I have both, lights on the spreader aimed onto my spread pattern, don't light up very much, and on the truck aimed backwards wired to the reverse switch


----------



## meyer22288 (May 26, 2003)

I think thats what im gonna do then. Looks like another project after the storm. I hate not seeing the spread pattern at night drives me crazy ive been spreading everything in reverse so i can see it


----------



## Ray (May 29, 2000)

Another option is you can wire the lights to a trailer plug for the running lights. Plug it in when you are going to be using the spreader and you will have lights to see your spread pattern. Just angle them down so as not to point at on coming traffic.


----------



## Mr.Markus (Jan 7, 2010)

I have the same spreader as you and wired a 7$ tractor light on the drivers side, right into the positive and negative wires between the control box and motor. Salter on light on, salter off light off. What you'll find is that the variable power of the speed control dims the light when you turn it down....and LEDS do not like this variable current. It works great if you spread at full boar all the time but if you don't then wire it up separate.


----------



## allseasons87 (Nov 29, 2011)

We put maxima LED's on our poly hoppers. Just drilled holes into the top rear corners. Works very well. Wired them to on/off switch right by the steering wheel


----------



## Flawless440 (Dec 6, 2010)

BigBoyPlowin;1731018 said:


> Just wire them separately. Once you get those lights, you're going to want to keep them on when you're plowing! Thats what I did.


2nd that. .
We wire to their own switch.. back up lights are a must


----------



## derekbroerse (Mar 6, 2004)

Cree LED's on ebay, not the cheapest but you will love em! Wire em on a separate switch so you can use em backing into tight areas or when plowing...

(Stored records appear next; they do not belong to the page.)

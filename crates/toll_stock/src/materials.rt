//! Materials.
ghost use Rattle.std.specs.Prelude.{◌≡◌, [], ◌∷◌, IfOk};
ghost use Rattle.toll_stock.specs.Common.{changes_of, KeepsRules, AddMaterial, by, IsDecided, Decides, DecisionKeepsRules, PutsOnly, facts_of, material_checks};
ghost use Rattle.toll_base.specs.declared.decision.Change.TheVariants as Change;
ghost use Rattle.toll_base.specs.declared.rows.Row.TheVariants as Row;

use std::alloc::{AllocError, Global};
use toll_base::{
    Change, Decision, MOST_MATERIALS, MaterialRow, Measure, Name, Refusal, Row, Slice,
};

/// Adds a material, whose amounts are in this measure.
///
/// [`Refusal::MaterialExists`] if the owner has one of this name, then [`Refusal::LimitReached`]
/// at 200 materials. It fails only if memory runs out.
pub fn add_material(
    alloc: Global,
    slice: &Slice,
    material: Name,
    measure: Measure,
) -> Result<Decision, AllocError>
    ensures decides { IfOk result (Decides (by slice.now.owner
        (AddMaterial (record { material = material; measure = measure }))) slice.now) }
    ensures rules { IfOk result (DecisionKeepsRules slice.now) }
    ensures own { IfOk result (λ d. PutsOnly slice.now.owner (changes_of d)) }
{
    plan_material(alloc, slice, &MaterialRow { material, measure })
}

fn plan_material(alloc: Global, slice: &Slice, row: &MaterialRow) -> Result<Decision, AllocError>
    ensures plan { IfOk result (IsDecided (material_checks (facts_of slice.now) row.now)
        (Change.Put slice.now.owner (Row.Material row.now) ∷ [])) }
    ensures kept { KeepsRules slice.now }
{
    let owner = *slice.owner();
    if slice.material(&row.material).is_some() {
        return Ok(Decision::Refuse(Refusal::MaterialExists));
    }
    if slice.materials().len() >= MOST_MATERIALS {
        return Ok(Decision::Refuse(Refusal::LimitReached));
    }
    Decision::accept(alloc, Change::Put(owner, Row::Material(*row)))
}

I have 3x 6" oval LED reverse lights on the flatbed and salter, plus the two cree floodlights, needless to say I can SEE when backing up in the dark!!! lol


----------



## ultimate plow (Jul 2, 2002)

With led you can keep the light forever. The $7 halogen will last 2 years tops and your buying yourself another like we all have been thru. I wired my rigid industries led lamps to work every time I put in reverse or flip a switch and I have my spread pattern light.


----------



## NAC (Nov 9, 2003)

I have a 10' SS Saltdogg with the Briggs engine any one have a wiring diagram where to pull power for 2 led lights that will either run with the salter on or with the clutch engaged.


----------



## crazyboy (Feb 3, 2009)

Mr.Markus;1731340 said:


> I have the same spreader as you and wired a 7$ tractor light on the drivers side, right into the positive and negative wires between the control box and motor. Salter on light on, salter off light off. What you'll find is that the variable power of the speed control dims the light when you turn it down....and LEDS do not like this variable current. It works great if you spread at full boar all the time but if you don't then wire it up separate.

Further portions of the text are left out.